EXERCISE OBJECTIVE =>
Filter the records below down to lines containing "target".
======
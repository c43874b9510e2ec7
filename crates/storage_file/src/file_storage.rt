// A file of the system, and what waits to be sent: the storage that programs run on.
//
// No contract can say what a real file holds. So `holds` is never so here, and the clauses of the trait about the disk say nothing of
// this end: that it does to the file what the trait says is trusted. `.ci/order-of-calls` compares the calls that it makes with those
// that are expected, `.ci/failing-disk` what it answers where one of them fails. What is known of the file and what was sent is proved.
ghost use Rattle.std.specs.Prelude.{◌≡◌, min, ◌⊎◌, [], map, IfOk, vec_len, MatchResult, OnErr};
ghost use Rattle.storage.specs.Conditions.{opened};
ghost use Rattle.storage.specs.Memories.{parcel_of};
ghost use Rattle.storage.specs.declared.fault.Fault.TheVariants.{System};
ghost use Rattle.std.proofs.Common.{rules};

use std::alloc::{AllocError, Global};
use std::fs::{File, OpenOptions};
use std::io::SeekFrom;
use std::io::prelude::*;
use std::{fs, io, mem};
use storage::condition::Condition;
use storage::fault::Fault;
use storage::outgoing::Outgoing;
use storage::storage::Storage;

/// A file that is read anywhere and written at its end.
#[derive(Drop)]
struct Opened {
    handle: File,
    /// How many of its bytes are synced.
    sure: u64,
}

impl Opened {
    fn length(&self) -> io::Result<u64> {
        Ok(self.handle.metadata()?.len())
    }

    // Adds bytes, and then makes all of it last.
    fn write_and_sync(&mut self, bytes: &[u8]) -> io::Result<()>
        ensures { OnErr result (self.new.sure ≡ self.old.sure) }
    {
        self.handle.write_all(bytes)?;
        self.handle.sync_data()?;
        self.sure = self.length()?;
        Ok(())
    }

    fn sync_all(&mut self) -> io::Result<()>
        ensures { OnErr result (self.new.sure ≡ self.old.sure) }
    {
        self.handle.sync_all()?;
        self.sure = self.length()?;
        Ok(())
    }

    fn read(&mut self, place: u64, most: usize, into: &mut Vec<u8>) -> io::Result<()>
        ensures { self.new.sure ≡ self.old.sure }
    {
        into.clear();
        self.handle.seek(SeekFrom::Start(place))?;
        (&self.handle).take(most as u64).read_to_end(into)?;
        Ok(())
    }

    // To set a length that it has not reached would add zeros.
    fn cut_back(&mut self, kept: u64) -> io::Result<()>
        ensures { (self.new.sure ≡ self.old.sure) ⊎ (self.new.sure ≡ min self.old.sure kept) }
    {
        if kept < self.length()? {
            self.handle.set_len(kept)?;
            self.sure = self.sure.min(kept);
        }
        Ok(())
    }

    // Adds what stands in it from a place on to the file under a path, and makes that last.
    fn copy_from(&mut self, place: u64, rt: &HostRuntime, path: &str) -> io::Result<()>
        ensures { self.new.sure ≡ self.old.sure }
    {
        let mut target = OpenOptions::new().append(true).create(true).open(rt, path)?;
        self.handle.seek(SeekFrom::Start(place))?;
        io::copy(&mut self.handle, &mut target)?;
        target.sync_all()
    }
}

/// What stands beside the file.
#[derive(Drop)]
enum Beside {
    /// What an earlier process or a call that failed has left. It is only to be begun anew: a sync that succeeds after another failed
    /// proves nothing.
    Unknown,
    /// Nothing: an empty file that is made with the first call.
    Blank,
    Begun(Opened),
}

/// The file under a path, and beside it under the same path with an ending: `.new`, the one that is to take its place;
/// `.damaged`, what was set aside.
#[derive(Drop)]
pub struct FileStorage {
    rt: HostRuntime,
    path: String,
    beside_path: String,
    damaged_path: String,
    folder: String,
    file: Opened,
    beside: Beside,
    /// What was added to the file and waits to be written with the next sync.
    unwritten: Vec<u8>,
    /// What waits to be sent. Who has the storage sends it, and clears this.
    pub outlet: Vec<Outgoing>,
    condition: Condition,
}

// The folder that holds the file under a path.
fn folder_of(heap: Global, path: &str) -> Result<String, AllocError> {
    match path.rsplit_once('/') {
        Some((folder, _)) => format!(in heap; "{folder}/"),
        None => String::from_str(heap, "."),
    }
}

impl FileStorage {
    /// Opens the file, or makes it. Nothing of it is known to be synced: it may have been written by a process that was killed.
    /// Nor can it be known that a sync failed in an earlier process, after which the system may show bytes that it does not keep.
    pub fn new(rt: &HostRuntime, path: &str) -> io::Result<FileStorage>
        ensures state { IfOk result (λ s. s.condition ≡ opened) }
        ensures sent { IfOk result (λ s. s.outlet.items ≡ []) }
    {
        let heap = rt.alloc();
        let handle = OpenOptions::new()
            .read(true)
            .append(true)
            .create(true)
            .open(rt, path)?;
        Ok(FileStorage {
            rt: *rt,
            path: String::from_str(heap, path)?,
            beside_path: format!(in heap; "{path}.new")?,
            damaged_path: format!(in heap; "{path}.damaged")?,
            folder: folder_of(heap, path)?,
            file: Opened { handle, sure: 0 },
            beside: Beside::Unknown,
            unwritten: Vec::new(heap),
            outlet: Vec::new(heap),
            condition: Condition::opened(),
        })
    }

    // The system does not have the whole file while bytes wait here.
    fn all_written(&self) -> Result<(), Fault>
        ensures { MatchResult result (λ _. vec_len self.now.unwritten ≡ 0) (λ e. e ≡ System) }
    {
        if self.unwritten.is_empty() {
            Ok(())
        } else {
            Err(Fault::System)
        }
    }
}

// Takes the file beside, to go on with: it is unknown until it is put back. One that is made must not be there yet.
fn begun(beside: &mut Beside, rt: &HostRuntime, path: &str) -> io::Result<Opened>
    ensures { beside.new ≡ Beside.Unknown }
{
    match mem::replace(beside, Beside::Unknown) {
        Beside::Begun(beside) => Ok(beside),
        Beside::Blank => {
            let handle = OpenOptions::new()
                .read(true)
                .append(true)
                .create_new(true)
                .open(rt, path)?;
            Ok(Opened { handle, sure: 0 })
        }
        Beside::Unknown => Err(io::Error::from(io::ErrorKind::AlreadyExists)),
    }
}

// Removes a file, if it is there.
fn remove(rt: &HostRuntime, path: &str) -> io::Result<()> {
    match fs::remove_file(rt, path) {
        Err(error) if error.kind() != io::ErrorKind::NotFound => Err(error),
        _ => Ok(()),
    }
}

fn sync_folder(rt: &HostRuntime, folder: &str) -> io::Result<()> {
    File::open(rt, folder)?.sync_all()
}

impl Storage for FileStorage {
    ghost holds = { λ _ _. ⊥ };

    ghost state = { λ s. s.condition };

    ghost sent = { λ s. map parcel_of s.outlet.items };

    ghost synced = { Prim.search rules };

    ghost placed = { Prim.search rules };

    fn condition(&self) -> Condition {
        self.condition
    }

    fn sure(&self) -> u64 {
        self.file.sure
    }

    fn length(&mut self) -> Result<u64, Fault> {
        self.all_written()?;
        Ok(self.file.length()?)
    }

    fn append(&mut self, bytes: &[u8]) -> Result<(), Fault> {
        self.unwritten.extend_from_slice(bytes)?;
        self.condition.synced = false;
        Ok(())
    }

    // Where it fails the file has some first part of what was added. The rest is gone.
    fn sync(&mut self) -> Result<(), Fault> {
        self.condition.synced = false;
        self.condition.trusted = false;
        let done = self.file.write_and_sync(&self.unwritten);
        self.unwritten.clear();
        done?;
        self.condition.synced = true;
        self.condition.trusted = true;
        Ok(())
    }

    fn send(&mut self, what: Outgoing) -> Result<(), Fault> {
        self.outlet.push(what)?;
        Ok(())
    }

    fn read(&mut self, place: u64, most: usize, into: &mut Vec<u8>) -> Result<(), Fault> {
        self.all_written()?;
        self.file.read(place, most, into)?;
        Ok(())
    }

    fn cut_back(&mut self, kept: u64) -> Result<(), Fault> {
        self.condition.synced = false;
        self.all_written()?;
        self.file.cut_back(kept)?;
        Ok(())
    }

    fn set_aside(&mut self, place: u64) -> Result<(), Fault> {
        self.all_written()?;
        self.file.copy_from(place, &self.rt, &self.damaged_path)?;
        Ok(())
    }

    fn clear_beside(&mut self) -> Result<(), Fault> {
        self.beside = Beside::Unknown;
        remove(&self.rt, &self.beside_path)?;
        self.beside = Beside::Blank;
        Ok(())
    }

    fn write_beside(&mut self, bytes: &[u8]) -> Result<(), Fault> {
        let mut beside = begun(&mut self.beside, &self.rt, &self.beside_path)?;
        beside.handle.write_all(bytes)?;
        self.beside = Beside::Begun(beside);
        Ok(())
    }

    fn sync_beside(&mut self) -> Result<(), Fault> {
        let mut beside = begun(&mut self.beside, &self.rt, &self.beside_path)?;
        beside.sync_all()?;
        self.beside = Beside::Begun(beside);
        Ok(())
    }

    fn rename(&mut self) -> Result<(), Fault> {
        self.condition = Condition {
            synced: false,
            placed: false,
            trusted: false,
        };
        let Beside::Begun(beside) = mem::replace(&mut self.beside, Beside::Unknown) else {
            return Err(Fault::System);
        };
        fs::rename(&self.rt, &self.beside_path, &self.path)?;
        self.file = beside;
        self.beside = Beside::Blank;
        self.unwritten.clear();
        self.condition.trusted = true;
        Ok(())
    }

    fn sync_folder(&mut self) -> Result<(), Fault> {
        sync_folder(&self.rt, &self.folder)?;
        self.condition.placed = true;
        Ok(())
    }
}
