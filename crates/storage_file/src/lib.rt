// A storage over a file of the system.
#![tactic(auto)]

pub mod file_storage;
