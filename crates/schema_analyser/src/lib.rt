//! Which attributes of a collection become columns: a survey of its documents, and the choice.
//!
//! A survey counts, for each attribute, the documents that hold it and its different values. It is taken in pieces of rows,
//! so that none takes long. The choice tests these counts against two limits.
//! Read `specs/Choice.antt` first, then `specs/Survey.antt` and `specs/Different.antt`.
#![tactic(auto)]

mod choice;
mod choosing;
mod different_values;
mod lawful;
mod limits;
mod shown_versions;
mod survey;
mod taking;
mod tally;
mod texts;

pub use choice::Choice;
pub use choosing::{choose, choose_now};
pub use limits::Limits;
pub use survey::Survey;
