ghost use Rattle.std.specs.Prelude.{◌≡◌, ◌<◌, OnOk, OnErr};
ghost use Rattle.doc_values.specs.Lent.{owned};
ghost use Rattle.doc_values.specs.Value.{IsStorable};

use crate::different_values::DifferentValues;
use doc_values::ValueRef;
use std::alloc::{AllocError, Global};
use std::marker::Model;

/// How many documents hold an attribute, and their different values.
#[derive(Drop)]
pub(crate) struct Tally {
    count: u32,
    values: DifferentValues,
}

impl Model for Tally {
    ghost use Rattle.std.specs.Prelude.{◌≤◌};
    ghost use Rattle.schema_analyser.specs.Different.{many};
    ghost use Rattle.schema_analyser.specs.Tally.{Tallied};

    ghost Value = { Tallied };

    ghost view = { λ t. record { count = t.count; values = t.values } };

    ghost invariant = { λ t. many t.values ≤ t.count };
}

impl Tally {
    ghost use Rattle.schema_analyser.specs.Different.{many};
    ghost use Rattle.schema_analyser.specs.Tally.{Tallied, untallied, tallied_one};

    pub(crate) fn new(alloc: Global) -> Tally
        ensures exact { result ≡ untallied }
    {
        Tally {
            count: 0,
            values: DifferentValues::new(alloc),
        }
    }

    /// How many documents hold the attribute.
    pub(crate) fn count(&self) -> u32
        ensures exact { result ≡ self.now.count }
    {
        self.count
    }

    /// How many different values they have.
    pub(crate) fn distinct(&self) -> u32
        ensures exact { result ≡ many self.now.values }
    {
        let _count = self.count;
        self.values.len()
    }

    /// Counts one document more, which has this value.
    pub(crate) fn add(&mut self, alloc: Global, value: ValueRef<'_>) -> Result<(), AllocError>
        requires storable { IsStorable (owned value) }
        requires room { self.old.count < 4294967295 }
        ensures ok { OnOk result (self.new ≡ tallied_one self.old (owned value.entry)) }
        ensures memory { OnErr result (self.new ≡ self.old) }
    {
        self.values.add(alloc, value)?;
        self.count += 1;
        Ok(())
    }
}
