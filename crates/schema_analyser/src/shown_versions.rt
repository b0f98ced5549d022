ghost use Rattle.std.specs.Prelude.{◌≡◌, ◌<◌, ◌≤◌, ◌+◌, ◌-◌, IfOk, All, map, length};
ghost use Rattle.row_versions.specs.History.{rows_of};
ghost use Rattle.layout_store.specs.Documents.{document_at};
ghost use Rattle.schema_analyser.specs.Survey.{documents_between};

use layout_store::Layout;
use row_versions::VersionId;
use std::alloc::{AllocError, Global};

/// The versions that the rows from one number to another show after so many commits, in the order of rows.
pub(crate) fn shown_versions(
    alloc: Global,
    layout: &Layout,
    now: u64,
    from: u32,
    to: u32,
) -> Result<Vec<VersionId>, AllocError>
    requires order { from ≤ to }
    requires within { to ≤ rows_of layout.now.history.versions }
    ensures ok { IfOk result (λ versions. map (λ v. document_at layout.now v.0) versions.items ≡ documents_between layout.now now from to) }
    ensures standing { IfOk result (λ versions. All (λ v. v.0 < length layout.now.history.versions) versions.items) }
    ensures few { IfOk result (λ versions. length versions.items ≤ to - from) }
{
    let shown = layout.versions();
    let mut versions = Vec::new(alloc);
    for row in from..to {
        if let Some(version) = shown.visible(row, now) {
            versions.push(version)?;
        }
    }
    Ok(versions)
}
======
RESPONSE BOX =>
        let mut target = OpenOptions::new().append(true).create(true).open(rt, path)?;
        io::copy(&mut self.handle, &mut target)?;
        target.sync_all()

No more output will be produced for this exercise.